而不是自己去買菜回來,還要自己鹵,這白白耽擱一天,等於一個月裏隻能賣半個月。
這樣就算真有生意,但也是好賺了一半的錢。
便想著明日和巧兒商量,叫她騰出手來幫幫自己,嶽父嶽母那頭整日在**躺著,但他看著又不是不能起來,能到門口去倒尿拋屎,自然肯定是能去廚房自己做飯的。
又忍不住想,嶽母都這把年紀了,還要生孩子,明年家裏又要添一張嘴。
而小的弟弟妹妹們,就叫大的看著。
他就這樣想著睡過去的,第二天便和巧兒商議。
巧兒一聽,兩條細細的眉頭又皺在了一起,“你說什麽?你當初不是說得好好的,往後不會再叫我受苦,上街去賣花瞧人臉色的,怎麽才幾天,你便要我做這幹那的,你到底有沒有良心?”一麵捶打起柳小八。
那眼淚又來了。
以前柳小八覺得周秀珠和元氏是真能哭,動不動就掉眼淚。可是他現在發現,她們倆掉眼淚,不叫人生煩。可為什麽自己看著巧兒掉眼淚,反而覺得心裏不爽快呢?

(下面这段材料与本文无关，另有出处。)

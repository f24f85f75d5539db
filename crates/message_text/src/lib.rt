//! The texts of messages between nodes and token servers, and of the names, numbers, spans and
//! locks in them. This crate knows nothing of the lines of scripts and journals, of files on a
//! disk, or of threads.
#![tactic(auto)]

pub mod edition;
pub mod fields;
pub mod fits;
mod joined;
pub mod laws;
pub mod message;
pub mod names;
pub mod numbers;
mod operands;
mod reports;
pub mod writing;
pub mod written_message;

pub use edition::{Edition, FirstEdition, SecondEdition};
pub use fields::LockText;
pub use fits::{call_fits, lock_fits, message_fits};
pub use message::{message_in, message_of};
pub use names::{CallName, HostName, OwnerName, push_call, push_host, push_lock, server_of};
pub use numbers::{
    CountField, Counted, DescriptorField, FileField, IncarnationField, NodeField, PidField,
};
pub use writing::{push, push_message};
pub use written_message::WrittenMessage;
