//! The numbers in the texts of messages, scripts and journals, with their limits.
use intervals::span::GREATEST;
use messages::{MOST_EPOCHS, MOST_FILES};
use model::{MOST_DESCRIPTIONS, MOST_NODES, MOST_PROCESSES};
use texts::number::Within;

/// The greatest number of a node.
const GREATEST_NODE: u64 = MOST_NODES as u64;

/// The greatest number of a file.
const GREATEST_FILE: u64 = MOST_FILES as u64;

/// The greatest number of a process.
const GREATEST_PID: u64 = MOST_PROCESSES as u64;

/// The greatest number of an open file description.
const GREATEST_DESCRIPTION: u64 = MOST_DESCRIPTIONS as u64;

/// The greatest incarnation of a node.
const GREATEST_INCARNATION: u64 = 65_535;

/// The greatest epoch of a server.
const GREATEST_EPOCH: u64 = MOST_EPOCHS as u64;

/// The greatest number of a call, a command, a message or an entry.
const GREATEST_NUMBER: u64 = 4_294_967_295;

/// The number of a node, from 1.
pub type NodeField = Within<u8, 1, GREATEST_NODE>;

/// The number of a file, from 1.
pub type FileField = Within<u16, 1, GREATEST_FILE>;

/// The number of a process on its node, from 1.
pub type PidField = Within<u16, 1, GREATEST_PID>;

/// The number of a descriptor, open or not: 0 to 255.
pub type DescriptorField = Within<u8, 0, 255>;

/// The number of an open file description on its node, from 1.
pub(crate) type DescriptionField = Within<u16, 1, GREATEST_DESCRIPTION>;

/// The number of an incarnation, from 1.
pub type IncarnationField = Within<u16, 1, GREATEST_INCARNATION>;

/// The epoch of a server, from 1.
pub type EpochField = Within<u16, 1, GREATEST_EPOCH>;

/// The epoch of a rebuilt server, from 2.
pub(crate) type RebuiltField = Within<u16, 2, GREATEST_EPOCH>;

/// The number of a call, a command, a message or an entry, from 1.
pub type Counted = Within<u32, 1, GREATEST_NUMBER>;

/// The number of entries, from 0.
pub type CountField = Within<u32, 0, GREATEST_NUMBER>;

/// The offset of a byte.
pub(crate) type Offset = Within<u64, 0, GREATEST>;
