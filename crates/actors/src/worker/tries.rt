//! The tries of a worker: open calls of a node are made again, and a token server sends again.
use super::Worker;
use crate::{CallError, Gate, Weather};
use book::{Name, Seat, Stamp};
use messages::{Actor, Event, NodeInput, Pace, ServerInput};
use std::sync::Wait;
use std::time::Clock;

/// The cause for which open calls are tried again.
#[derive(Clone, Copy)]
pub(super) enum Cause {
    /// A tick: the calls for which it is time are tried.
    Tick,
    /// The node may have given up a lock: the calls that a lock of it blocks are tried.
    Release,
}

impl<'s, 'b, J: Name, G: Gate, R: Wait + Clock, W: Weather> Worker<'s, 'b, J, G, R, W> {
    // Does what is due at a tick: messages that were held back go, a node tries open calls again, and a token server
    // sends again what has no answer.
    pub(super) fn take_tick(&mut self, seat: &mut Seat<J>) {
        self.has_tick = true;
        self.outgoing.pass_tick();
        match self.actor {
            Actor::Node(node) => self.retry_all(seat, node, Cause::Tick),
            Actor::Server(file) => self.resend(seat, file),
        }
    }

    // Tries open calls again, in the order in which the node took them.
    pub(super) fn retry_all(&mut self, seat: &mut Seat<J>, node: u8, cause: Cause) {
        let mut index = 0;
        for _ in 0..self.waiting.len() {
            let Some(pid) = self.waiting.pid_at(index) else {
                break;
            };
            let due = match cause {
                Cause::Tick => self.waiting.pass_tick(index),
                Cause::Release => self.waiting.is_blocked_here(index),
            };
            if due {
                self.retry(seat, node, pid);
            }
            if self.waiting.pid_at(index) == Some(pid) {
                index = index.saturating_add(1);
            }
        }
    }

    // Tries an open call again. Where no step of this incarnation is taken any more, all open calls end.
    fn retry(&mut self, seat: &mut Seat<J>, node: u8, pid: u16) {
        match self.step(seat, Event::AtNode(node, NodeInput::Retry { pid })) {
            Ok(()) => {}
            Err(CallError::NoMemory) => self.waiting.wait_anew(pid),
            Err(why) => self.end_at(why),
        }
    }

    // Sends again what has no answer, if there is any and it is time. (A token server's.)
    fn resend(&mut self, seat: &mut Seat<J>, file: u16) {
        let is_due = self.pace.is_due();
        self.pace = self.pace.passed();
        if !is_due {
            return;
        }
        match self.send_again(seat, file) {
            Ok(Some(stamp)) => self.outgoing.send_all(&stamp),
            Ok(None) | Err(CallError::Fenced) => self.pace = Pace::at_rest(),
            Err(CallError::NoMemory) => {
                self.cluster.begun.halt.note_refused();
                self.pace = Pace::begun();
            }
            Err(_) => {}
        }
    }

    // Makes the step of a token server that sends again, if it sends anything.
    fn send_again(&self, seat: &mut Seat<J>, file: u16) -> Result<Option<Stamp>, CallError> {
        let event = Event::AtServer(file, ServerInput::Resend);
        let prepared = seat.prepare(self.cluster.alloc(), event)?;
        if prepared.outcome().sends.is_empty() {
            return Ok(None);
        }
        let stamp = self.cluster.commit(self.rt, seat, prepared, None)?;
        Ok(Some(stamp))
    }
}
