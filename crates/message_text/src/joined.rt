//! Fields of two parts: a number, a mark, and a second part.
ghost use Rattle.std.specs.Prelude.{◌≡◌, ◌≢◌, ◌<◌, ◌∷◌, ◌++◌, ℕ, List, MatchOption};
ghost use Rattle.texts.specs.rule.Reads.{Both, Lacks, joined_text};
ghost use Rattle.message_text.specs.rule.Texts.{dot};
ghost use Rattle.message_text.specs.code.Reports.{IsNoDigit, at_sign};

use std::alloc::AllocError;
use std::marker::PhantomData;
use texts::number::Within;
use texts::text::Text;
use texts::unsigned::Unsigned;

/// A character that is no digit and stands between two parts.
pub(crate) trait Separator {
    ghost mark: { ℕ };

    fn mark() -> char
        ensures value { result ≡ mark }
        ensures ascii { mark < 128 }
        ensures no_digit { IsNoDigit mark };
}

pub(crate) struct Dot;

impl Separator for Dot {
    ghost mark = { dot };

    fn mark() -> char {
        '.'
    }
}

pub(crate) struct AtSign;

impl Separator for AtSign {
    ghost mark = { at_sign };

    fn mark() -> char {
        '@'
    }
}

/// A way to write values in digits only.
pub(crate) trait Digits: Text {
    /// The law of the type that the text of a value has only digits; the function does nothing.
    fn are_digits()
        ensures { (value : Self.Value) → Self.is_served value → (byte : ℕ) → IsNoDigit byte → Lacks byte (Self.text_of value) };
}

impl<T: Unsigned, const LEAST: u64, const MOST: u64> Digits for Within<T, LEAST, MOST> {
    fn are_digits() {}
}

/// A value of `A`, the mark `M`, and a value of `B`.
pub(crate) struct Joined<A, M, B> {
    of: PhantomData<(A, M, B)>,
}

impl<A: Digits, M: Separator, B: Text> Text for Joined<A, M, B> {
    type Value = (A::Value, B::Value);

    ghost text_of = { joined_text M.mark A.text_of B.text_of };

    ghost is_served = { Both A.is_served B.is_served };

    fn read(text: &str) -> Option<(A::Value, B::Value)> {
        A::are_digits();
        match split_mark::<M>(text) {
            Some((first, rest)) => A::read(first).zip(B::read(rest)),
            None => None,
        }
    }

    fn write(value: &(A::Value, B::Value), out: &mut String) -> Result<(), AllocError> {
        A::write(&value.0, out)?;
        out.push(M::mark())?;
        B::write(&value.1, out)
    }
}

// The text before the first mark, and the text behind it.
fn split_mark<M: Separator>(text: &str) -> Option<(&str, &str)>
    ensures no_digit { IsNoDigit M.mark }
    ensures parts { MatchOption result
        ((front rest : List ℕ) → Lacks M.mark front → text.now ≢ front ++ M.mark ∷ rest)
        (λ parts. Lacks M.mark parts.0.now × (text.now ≡ parts.0.now ++ M.mark ∷ parts.1.now)) }
{
    text.split_once(M::mark())
}
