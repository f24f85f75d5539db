//! Laws that say what the types of a message's parts guarantee; each is the contract of a function
//! that does nothing.
ghost use Rattle.model.specs.rule.Limits.{IsCall};
ghost use Rattle.messages.specs.rule.Shapes.{IsCommand, IsRebuilt};
ghost use Rattle.messages.specs.declared.version.Version.TheVariants.{Second};
ghost use Rattle.message_text.specs.rule.Texts.{AreServedRuns, AreServedWants, IsHolder, IsServedLock, IsServedMessage, IsServedSpan};

use intervals::span::Span;
use messages::message::Message::{
    Conflict, Deny, Freed, Grant, Hello, Released, Report, Request, Revoke, Taken,
};
use messages::{CommandNumber, EpochNumber, Message, TokenRun, TokenRuns, Wanted};
use model::{CallId, Host, LockInfo};

/// A call is within its limits.
pub fn call_fits(call: CallId)
    ensures { IsCall call }
{
    let _node = call.node;
}

fn command_fits(command: CommandNumber, call: CallId)
    ensures { IsCommand command × IsCall call }
{
    let _number = command.get();
    call_fits(call);
}

fn host_fits(host: Host)
    ensures { IsHolder host }
{
    let _node = host.node;
}

fn span_fits(span: Span)
    ensures { IsServedSpan span }
{
    let _lo = span.lo;
}

fn wants_fit(wanted: Wanted)
    ensures { AreServedWants wanted }
{
    span_fits(wanted.required);
    span_fits(wanted.desired);
}

/// A lock is within its limits.
pub fn lock_fits(lock: LockInfo)
    ensures { IsServedLock lock }
{
    span_fits(lock.span);
    let _node = lock.owner.node;
}

fn epoch_fits(number: EpochNumber)
    ensures { IsRebuilt number }
{
    let _number = number.get();
}

fn run_fits(run: &TokenRun)
    ensures { IsServedSpan run.now.span }
{
    span_fits(run.span);
}

fn runs_fit(runs: &TokenRuns)
    ensures { AreServedRuns runs.now }
{
    for run in runs.as_slice() {
        run_fits(run);
    }
}

/// A message is within its limits in version 2; so it has a text from which it is read.
pub fn message_fits(message: &Message)
    ensures { IsServedMessage Second message.now }
{
    let _file = message.file();
    host_fits(message.host());
    match message {
        Request { call, .. } => call_fits(*call),
        Grant { number, call, .. }
        | Revoke { number, call, .. }
        | Taken { number, call, .. }
        | Released { number, call, .. }
        | Conflict { number, call, .. }
        | Deny { number, call, .. } => command_fits(*number, *call),
        Freed { .. } => (),
        Hello { number, .. } | Report { number, .. } => epoch_fits(*number),
    }
    match message {
        Request { wanted, .. } | Revoke { wanted, .. } => wants_fit(*wanted),
        Grant { span, .. } | Released { span, .. } => span_fits(*span),
        Conflict { lock, .. } => lock_fits(*lock),
        Deny { holder, lock, .. } => {
            host_fits(*holder);
            lock_fits(*lock);
        }
        Report { runs, .. } => runs_fit(runs),
        Taken { .. } | Freed { .. } | Hello { .. } => (),
    }
}
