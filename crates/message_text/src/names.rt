//! The names of nodes, calls, owners and servers, and their texts.
ghost use Rattle.std.specs.Prelude.{◌≡◌, ◌++◌, codes, string_bytes, OnOk};
ghost use Rattle.model.specs.rule.Limits.{IsCall, IsOwner};
ghost use Rattle.texts.specs.rule.Reads.{Reads};
ghost use Rattle.message_text.specs.rule.Texts.{call_text, holder_text, host_text, lock_text, owner_letter, owner_text, server_text, IsHolder};
ghost use Rattle.message_text.specs.code.Reports.{AreServerParts};

use crate::joined::{AtSign, Dot, Joined};
use crate::numbers::{
    Counted, DescriptionField, EpochField, FileField, IncarnationField, NodeField, PidField,
};
use model::{CallId, Host, Kind, LockInfo, Mode, Owner};
use std::alloc::AllocError;
use texts::number::push_number;
use texts::text::{Text, Word, after};
use texts::words::Named;

// The letter of a kind of owner: `p` for a process, `d` for an open file description.
fn letter_of(kind: Kind) -> &'static str
    ensures { result.now ≡ owner_letter kind }
{
    match kind {
        Kind::OfProcess => "p",
        Kind::OfDescription => "d",
    }
}

/// Adds the name of a node in an incarnation, `N.I`.
pub fn push_host(out: &mut String, node: u8, incarnation: u16) -> Result<(), AllocError>
    ensures { OnOk result (string_bytes out.new ≡ string_bytes out.old ++ host_text node incarnation) }
{
    push_number(out, u64::from(node))?;
    out.push_str(".")?;
    push_number(out, u64::from(incarnation))
}

/// Adds the name of a call, `N.I.C`.
pub fn push_call(out: &mut String, call: &CallId) -> Result<(), AllocError>
    ensures { OnOk result (string_bytes out.new ≡ string_bytes out.old ++ call_text call.now) }
{
    push_host(out, call.node, call.incarnation)?;
    out.push_str(".")?;
    push_number(out, u64::from(call.number))
}

/// Adds the name of an owner: `pPID@N.I` for a process, `dNUMBER@N.I` for an open file description.
pub fn push_owner(out: &mut String, owner: &Owner) -> Result<(), AllocError>
    ensures { OnOk result (string_bytes out.new ≡ string_bytes out.old ++ owner_text owner.now) }
{
    out.push_str(letter_of(owner.kind))?;
    push_number(out, u64::from(owner.number))?;
    out.push_str("@")?;
    push_host(out, owner.node, owner.incarnation)
}

/// Adds the text of a lock, `MODE LO HI OWNER`.
pub fn push_lock(out: &mut String, lock: &LockInfo) -> Result<(), AllocError>
    ensures { OnOk result (string_bytes out.new ≡ string_bytes out.old ++ lock_text lock.now) }
{
    out.push_str(Mode::word(lock.mode))?;
    out.push_str(" ")?;
    push_number(out, lock.span.lo)?;
    out.push_str(" ")?;
    push_number(out, lock.span.hi)?;
    out.push_str(" ")?;
    push_owner(out, &lock.owner)
}

/// A node in an incarnation: `N.I`.
pub struct HostName;

impl Text for HostName {
    type Value = Host;

    ghost text_of = { holder_text };

    ghost is_served = { IsHolder };

    fn read(text: &str) -> Option<Host> {
        let (node, incarnation) = <Joined<NodeField, Dot, IncarnationField>>::read(text)?;
        Some(Host { node, incarnation })
    }

    fn write(value: &Host, out: &mut String) -> Result<(), AllocError> {
        push_host(out, value.node, value.incarnation)
    }
}

impl Word for HostName {
    fn is_one_field() {}
}

/// The file and the epoch of its server that `F.E` names.
pub fn server_of(word: &str) -> Option<(u16, u16)>
    ensures { Reads server_text AreServerParts word.now result }
{
    <Joined<FileField, Dot, EpochField>>::read(word)
}

// The three parts of the name of a call, `N.I.C`.
type CallParts = Joined<NodeField, Dot, Joined<IncarnationField, Dot, Counted>>;

/// The call that `N.I.C` names.
pub fn call_of(word: &str) -> Option<CallId>
    ensures { Reads call_text IsCall word.now result }
{
    let (node, (incarnation, number)) = CallParts::read(word)?;
    Some(CallId {
        node,
        incarnation,
        number,
    })
}

/// A call: `N.I.C`.
pub struct CallName;

impl Text for CallName {
    type Value = CallId;

    ghost text_of = { call_text };

    ghost is_served = { IsCall };

    fn read(text: &str) -> Option<CallId> {
        call_of(text)
    }

    fn write(value: &CallId, out: &mut String) -> Result<(), AllocError> {
        push_call(out, value)
    }
}

impl Word for CallName {
    fn is_one_field() {}
}

/// An owner: `pPID@N.I` or `dNUMBER@N.I`.
pub struct OwnerName;

impl Text for OwnerName {
    type Value = Owner;

    ghost text_of = { owner_text };

    ghost is_served = { IsOwner };

    fn read(text: &str) -> Option<Owner> {
        if let Some(rest) = after(text, "p") {
            return process_owner(rest);
        }
        match after(text, "d") {
            Some(rest) => description_owner(rest),
            None => None,
        }
    }

    fn write(value: &Owner, out: &mut String) -> Result<(), AllocError> {
        push_owner(out, value)
    }
}

// The owner named by `p` and this text behind it.
fn process_owner(rest: &str) -> Option<Owner>
    ensures { Reads owner_text IsOwner (codes "p" ++ rest.now) result }
{
    let (number, host) = <Joined<PidField, AtSign, HostName>>::read(rest)?;
    Some(Owner {
        node: host.node,
        incarnation: host.incarnation,
        kind: Kind::OfProcess,
        number,
    })
}

// The owner named by `d` and this text behind it.
fn description_owner(rest: &str) -> Option<Owner>
    ensures { Reads owner_text IsOwner (codes "d" ++ rest.now) result }
{
    let (number, host) = <Joined<DescriptionField, AtSign, HostName>>::read(rest)?;
    Some(Owner {
        node: host.node,
        incarnation: host.incarnation,
        kind: Kind::OfDescription,
        number,
    })
}
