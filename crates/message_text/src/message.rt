//! Reads messages from their texts, in either version.
ghost use Rattle.std.specs.Prelude.{◌++◌, codes};
ghost use Rattle.texts.specs.rule.Reads.{Reads};
ghost use Rattle.message_text.specs.rule.Texts.{IsServedMessage, message_text};

use crate::edition::{Edition, FirstEdition, SecondEdition};
use crate::fields::{EpochName, FileName, first_field};
use crate::names::HostName;
use crate::operands::{
    ConflictFields, DenyFields, FreedFields, GrantFields, HelloFields, ReleasedFields,
    RequestFields, RevokeFields, TakenFields,
};
use crate::reports::are_runs;
use crate::written_message::WrittenMessage;
use messages::{Message, Version};
use texts::text::{Text, split_field};

/// The message whose text in this version this is, if there is one.
pub fn message_of(version: Version, text: &str) -> Option<WrittenMessage<'_>>
    ensures { Reads (message_text version) (IsServedMessage version) text.now result }
{
    match version {
        Version::First => message_in::<FirstEdition>(text),
        Version::Second => message_in::<SecondEdition>(text),
    }
}

/// The message whose text in the version of `V` this is, if there is one.
pub fn message_in<V: Edition>(text: &str) -> Option<WrittenMessage<'_>>
    ensures { Reads (message_text V.version) (IsServedMessage V.version) text.now result }
{
    let (word, operands) = split_field(text)?;
    match word {
        "grant" => grant_of::<V>(operands),
        "revoke" => revoke_of::<V>(operands),
        "deny" => deny_of::<V>(operands),
        "hello" => hello_of::<V>(operands),
        "report" => report_of::<V>(operands),
        "request" => request_of::<V>(operands),
        "taken" => taken_of::<V>(operands),
        "conflict" => conflict_of::<V>(operands),
        "freed" => freed_of::<V>(operands),
        "released" => released_of::<V>(operands),
        _ => None,
    }
}

// The grant with these operands.
fn grant_of<V: Edition>(operands: &str) -> Option<WrittenMessage<'_>>
    ensures { Reads (message_text V.version) (IsServedMessage V.version) (codes "grant " ++ operands.now) result }
{
    let (file, (number, (call, (mode, span)))) = <GrantFields<V>>::read(operands)?;
    Some(WrittenMessage::whole(Message::Grant {
        file,
        number,
        call,
        mode,
        span,
    }))
}

// The revoke with these operands.
fn revoke_of<V: Edition>(operands: &str) -> Option<WrittenMessage<'_>>
    ensures { Reads (message_text V.version) (IsServedMessage V.version) (codes "revoke " ++ operands.now) result }
{
    let (file, (number, (holder, (call, (mode, wanted))))) = <RevokeFields<V>>::read(operands)?;
    Some(WrittenMessage::whole(Message::Revoke {
        file,
        number,
        holder,
        call,
        mode,
        wanted,
    }))
}

// The deny with these operands.
fn deny_of<V: Edition>(operands: &str) -> Option<WrittenMessage<'_>>
    ensures { Reads (message_text V.version) (IsServedMessage V.version) (codes "deny " ++ operands.now) result }
{
    let (file, (call, (holder, (number, lock)))) = <DenyFields<V>>::read(operands)?;
    Some(WrittenMessage::whole(Message::Deny {
        file,
        call,
        holder,
        number,
        lock,
    }))
}

// The hello with these operands.
fn hello_of<V: Edition>(operands: &str) -> Option<WrittenMessage<'_>>
    ensures { Reads (message_text V.version) (IsServedMessage V.version) (codes "hello " ++ operands.now) result }
{
    if !V::version().may_rebuild() {
        return None;
    }
    let (file, (number, holder)) = HelloFields::read(operands)?;
    Some(WrittenMessage::whole(Message::Hello {
        file,
        number,
        holder,
    }))
}

// The report with these operands.
fn report_of<V: Edition>(operands: &str) -> Option<WrittenMessage<'_>>
    ensures { Reads (message_text V.version) (IsServedMessage V.version) (codes "report " ++ operands.now) result }
{
    if !V::version().may_rebuild() {
        return None;
    }
    let Some((file, about)) = first_field::<FileName>(operands) else {
        return None;
    };
    let Some((number, held)) = first_field::<EpochName>(about) else {
        return None;
    };
    let Some((holder, runs)) = first_field::<HostName>(held) else {
        return None;
    };
    if !are_runs(runs) {
        return None;
    }
    Some(WrittenMessage::report(file, number, holder, runs))
}

// The request with these operands.
fn request_of<V: Edition>(operands: &str) -> Option<WrittenMessage<'_>>
    ensures { Reads (message_text V.version) (IsServedMessage V.version) (codes "request " ++ operands.now) result }
{
    let (file, (call, (blocking, (mode, wanted)))) = RequestFields::read(operands)?;
    Some(WrittenMessage::whole(Message::Request {
        file,
        call,
        blocking,
        mode,
        wanted,
    }))
}

// The taken with these operands.
fn taken_of<V: Edition>(operands: &str) -> Option<WrittenMessage<'_>>
    ensures { Reads (message_text V.version) (IsServedMessage V.version) (codes "taken " ++ operands.now) result }
{
    let (file, (number, call)) = <TakenFields<V>>::read(operands)?;
    Some(WrittenMessage::whole(Message::Taken { file, number, call }))
}

// The conflict with these operands.
fn conflict_of<V: Edition>(operands: &str) -> Option<WrittenMessage<'_>>
    ensures { Reads (message_text V.version) (IsServedMessage V.version) (codes "conflict " ++ operands.now) result }
{
    let (file, (number, (holder, (call, lock)))) = <ConflictFields<V>>::read(operands)?;
    Some(WrittenMessage::whole(Message::Conflict {
        file,
        number,
        holder,
        call,
        lock,
    }))
}

// The freed with these operands.
fn freed_of<V: Edition>(operands: &str) -> Option<WrittenMessage<'_>>
    ensures { Reads (message_text V.version) (IsServedMessage V.version) (codes "freed " ++ operands.now) result }
{
    let (file, holder) = FreedFields::read(operands)?;
    Some(WrittenMessage::whole(Message::Freed { file, holder }))
}

// The released with these operands.
fn released_of<V: Edition>(operands: &str) -> Option<WrittenMessage<'_>>
    ensures { Reads (message_text V.version) (IsServedMessage V.version) (codes "released " ++ operands.now) result }
{
    let (file, (number, (holder, (call, span)))) = <ReleasedFields<V>>::read(operands)?;
    Some(WrittenMessage::whole(Message::Released {
        file,
        number,
        holder,
        call,
        span,
    }))
}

明明巧兒比周秀珠和元氏都年輕漂亮,這哭起來該是更叫人心疼才是。
但他就是覺得煩,心裏莫名就生了厭。也不想去勸了,隻有些疲憊地說道:“那隨你吧。”
等出了門,遠離了門口那臭味,他忽然開始懷念起嬸嬸娘子在的時候,院子裏安安靜靜的,即便是養了幾隻雞鴨,但也幹淨得很。
而且自己每日回來,便是自己從周家那邊吃了,家裏也給留著夜宵。
更不要說早上必然有粥有麵條有餅子,肉和蛋也永遠都隻會出現在自己的碗裏。
可自打和巧兒成了婚,自己連吃個雞蛋的資格都沒有了。還有身上這衣裳,也滿是汙垢了,巧兒也沒想著幫自己漿洗一下。
他實在想不通到底是哪裏出了問題?這和自己所預想的熱鬧日子一點都不一樣,巧兒也不像是成婚前那樣溫柔體貼,說不贏自己的時候就哭,還總罵自己沒
出息。
試問哪個男人,願意聽自己的女人說自己沒出息?
他就忽然來了一股子惱意,一時也沒留意著撞到了人,等反應過來時,人已經跌在了他的懷裏,他條件反射忙伸手去扶著,卻發現對方纖纖細骨,滿是嬌柔,迎麵撲鼻來了一陣香味兒。
竟是個姑娘家,他嚇得忙鬆開手,慌裏慌張局促道歉,“這位姐姐對不住了。”
那姑娘卻比他要大方幾分,隻拿團扇掩唇笑著,“你喚哪個做姐姐?我有那樣老麽?”